His mother, Annabelle Fishman, was recently honored at Federation's Lion of Judah luncheon for her longtime commitment to women's philanthropy. In 1978, Fishman founded the Daughters of Rachel, forerunner to Lion of Judah. Her reason for her philanthropic involvement is simple, yet eloquent. "If Jews don't help other Jews, who will," she said, adding, "I'm proud to see my passions being passed on to the next generation, both in my family and in my community."
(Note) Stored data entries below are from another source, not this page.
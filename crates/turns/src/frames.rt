// The turns of the frames, frame after frame.
ghost use Rattle.turns.specs.Lent.{FrameNeeds, FrameTurns, RunNeeds, RunTurns};

use crate::planned::Planned;
use crate::turning;
use crate::turning::Turned;
use machine::State;
use marks::Row;

// After the turns of a frame: how many turns have passed in all, how many of the frame's worked, and, if the frame has not ended, how many of its jobs have finished.
#[derive(Clone, Copy, Debug, PartialEq, Eq)]
pub struct FrameTurned {
    pub passed: usize,
    pub working: usize,
    pub jobs: Option<usize>,
}

// After all turns: frames finished, jobs finished in the present frame, and the turns that worked.
#[derive(Clone, Copy, Debug, PartialEq, Eq)]
pub struct Turnings {
    pub frames: usize,
    pub jobs: usize,
    pub working: usize,
}

// The turns of one frame, from turn `from` on, until all its jobs have finished or no turn is left.
fn frame(
    planned: &Planned,
    turns: &[u32],
    from: usize,
    input: &[u32],
    output: &mut [u32],
    state: &mut State,
) -> FrameTurned
    requires { FrameNeeds planned.now turns.now from input.now output.old state.old.variables state.old.words }
    ensures { FrameTurns planned.now turns.now from input.now output.old state.old.variables state.old.words output.new state.new.variables state.new.words result }
{
    let mut processors = turning::all_idle(&planned.first);
    let mut finished = Row::empty();
    let mut working = 0;
    // Kept: a range: `turns.iter().enumerate().skip(from)` is no plainer.
    for t in from..turns.len() {
        let m = turns[t] as usize;
        let processor = &mut processors[m];
        match turning::turn(planned, input, output, state, processor, &mut finished) {
            Turned::Waits => {}
            Turned::Works => working += 1,
            Turned::Ends => {
                return FrameTurned {
                    passed: t + 1,
                    working: working + 1,
                    jobs: None,
                };
            }
        }
    }
    FrameTurned {
        passed: turns.len(),
        working,
        jobs: Some(finished.count() as usize),
    }
}

// So many frames: each has its own part of the input, and its own part of the output. After the last one no turn works.
pub fn run(
    planned: &Planned,
    frames: usize,
    turns: &[u32],
    input: &[u32],
    output: &mut [u32],
    state: &mut State,
) -> Turnings
    requires { RunNeeds planned.now frames turns.now input.now output.old state.old.variables state.old.words }
    ensures { RunTurns planned.now frames turns.now input.now output.old state.old.variables state.old.words output.new state.new.variables state.new.words result }
{
    let width = 2 * planned.jobs;
    let mut passed = 0;
    let mut working = 0;
    for f in 0..frames {
        let from = f * width;
        let to = from + width;
        let turned = frame(
            planned,
            turns,
            passed,
            &input[from..to],
            &mut output[from..to],
            state,
        );
        passed = turned.passed;
        working += turned.working;
        if let Some(jobs) = turned.jobs {
            return Turnings {
                frames: f,
                jobs,
                working,
            };
        }
    }
    Turnings {
        frames,
        jobs: 0,
        working,
    }
}
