// What the turns of a run go by.
ghost use Rattle.std.specs.Prelude.{◌*◌, ◌≤◌, length};
ghost use Rattle.turns.specs.Lent.{PlannedOf};

use crate::order;
use graph::{Framed, columns};
use machine::Tables;
use marks::Row;

// The tables of a network; of each of the frame's jobs its process, the jobs before it, and the next job on its processor; and the first job of each processor.
// Kept: arrays of 128 with `jobs` beside them, since memory is fixed.
#[derive(Clone, Copy)]
pub struct Planned {
    pub tables: Tables,
    pub jobs: usize,
    pub processes: [u32; 128],
    pub before: [Row; 128],
    pub first: [Option<usize>; 4],
    pub after: [Option<usize>; 128],
}

impl Planned {
    // Of a frame and a plan for its jobs.
    pub fn of(framed: &Framed, plan: &[u32]) -> Planned
        requires { (2 * framed.now.job_count ≤ length plan.now) × (framed.now.job_count ≤ 128) }
        ensures { PlannedOf framed.now plan.now result }
    {
        let jobs = framed.job_count as usize;
        Planned {
            tables: Tables::of(&framed.network),
            jobs,
            processes: columns::processes(framed.jobs),
            before: framed.before,
            first: order::first(plan, jobs),
            after: order::after(plan, jobs),
        }
    }
}
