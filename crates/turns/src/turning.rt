// One turn of a processor within a frame.
ghost use Rattle.std.specs.Prelude.{◌≡◌, ◌*◌, ◌≤◌, ◌<◌, length, map};
ghost use Rattle.turns.specs.Lent.{idle_at, came_to, stands_at, marks_of, left_by, TurnNeeds, TurnDone};

use crate::planned::Planned;
use machine::{State, Under, samples};
use marks::Row;

// A processor in a frame.
#[derive(Clone, Copy, Debug, PartialEq, Eq)]
pub enum Processor {
    // None of its jobs is left.
    NoneLeft,
    // Its next job in planned order has not started.
    Next(usize),
    // Its next job is under way, with what it keeps.
    UnderWay(usize, Under),
}

// What a turn does.
#[derive(Clone, Copy, Debug, PartialEq, Eq)]
pub enum Turned {
    Waits,
    Works,
    // It works, and finishes the frame's last job.
    Ends,
}

// A processor that has no job under way, by its next job.
impl From<Option<usize>> for Processor {
    ghost from_gives = { λ next processor. processor ≡ idle_at next };

    fn from(next: Option<usize>) -> Processor {
        match next {
            None => Processor::NoneLeft,
            Some(j) => Processor::Next(j),
        }
    }
}

// The four processors at the start of a frame.
pub fn all_idle(first: &[Option<usize>; 4]) -> [Processor; 4]
    ensures { result ≡ map idle_at first.now }
{
    first.map(Processor::from)
}

// Job j comes to `under` by a working turn. It is under way, or it reaches the end of its `count` actions: then it leaves its output.
fn comes_to(
    planned: &Planned,
    j: usize,
    count: usize,
    under: Under,
    output: &mut [u32],
    processor: &mut Processor,
    finished: &mut Row,
) -> Turned
    requires { (j < planned.now.jobs) × (planned.now.jobs ≤ 128) × (2 * planned.now.jobs ≤ length output.old) }
    ensures result { result ≡ came_to planned.now j count under finished.old }
    ensures left { output.new ≡ left_by j count under output.old }
    ensures stands { processor.new ≡ stands_at planned.now j count under }
    ensures marks { finished.new ≡ marks_of j count under finished.old }
{
    if under.at < count {
        *processor = Processor::UnderWay(j, under);
        return Turned::Works;
    }
    samples::put(output, j, under.output);
    *processor = Processor::from(planned.after[j]);
    *finished = finished.with(j);
    if finished.count() as usize == planned.jobs {
        return Turned::Ends;
    }
    Turned::Works
}

// A turn of a processor: a job under way does one action; else the next job starts, if all before it have finished.
pub fn turn(
    planned: &Planned,
    input: &[u32],
    output: &mut [u32],
    state: &mut State,
    processor: &mut Processor,
    finished: &mut Row,
) -> Turned
    requires { TurnNeeds planned.now input.now output.old state.old.words processor.old }
    ensures { TurnDone planned.now input.now output.old state.old.variables state.old.words processor.old finished.old output.new state.new.variables state.new.words processor.new finished.new result }
{
    match *processor {
        Processor::NoneLeft => Turned::Waits,
        Processor::Next(j) => {
            if !planned.before[j].inside(*finished) {
                return Turned::Waits;
            }
            let count = planned.tables.counts[planned.processes[j] as usize] as usize;
            comes_to(
                planned,
                j,
                count,
                Under::start(),
                output,
                processor,
                finished,
            )
        }
        Processor::UnderWay(j, under) => {
            let p = planned.processes[j] as usize;
            let count = planned.tables.counts[p] as usize;
            let sample = samples::get(input, j);
            let until = under.at + 1;
            let acted = machine::go_on(&planned.tables, p, until, under, sample, state);
            comes_to(planned, j, count, acted, output, processor, finished)
        }
    }
}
In his role as convener, Mark Fishman worked closely with Stewart D. Friedman to develop the Institute's curriculum. Friedman, a management professor at the University of Pennsylvania's Wharton School, serves as faculty leader for the Institute. His area of expertise is organizational behavior, work and life integration, and leadership. Based on his experiences at Wharton, and his work at the Ford Motor Company, he published a book, Total Leadership, which is the basis for the Institute's curriculum.
Throughout the course of the next year, Institute members will meet monthly and learn from major philanthropists and Jewish communal leaders how to define and achieve their legacy as leaders in all aspects of their work, home, community and personal lives.
At the group's opening session, Federation President Leonard Barrack and CEO Ira M. Schwartz discussed the importance of cultivating the next generation of Federation leadership. "One of my goals when I joined Federation 12 months ago was to make sure that the leadership pipeline will never run dry. This initiative is putting this concept into action. The men and women selected to participate in this Institute exemplify the type of leadership this community needs and deserves," said Barrack.
Future sessions will focus on understanding the history of the Greater Philadelphia Jewish community, defining and addressing critical needs and priorities, and creating meaningful social change.
Institute members will travel to Israel together on a mission in May 2009.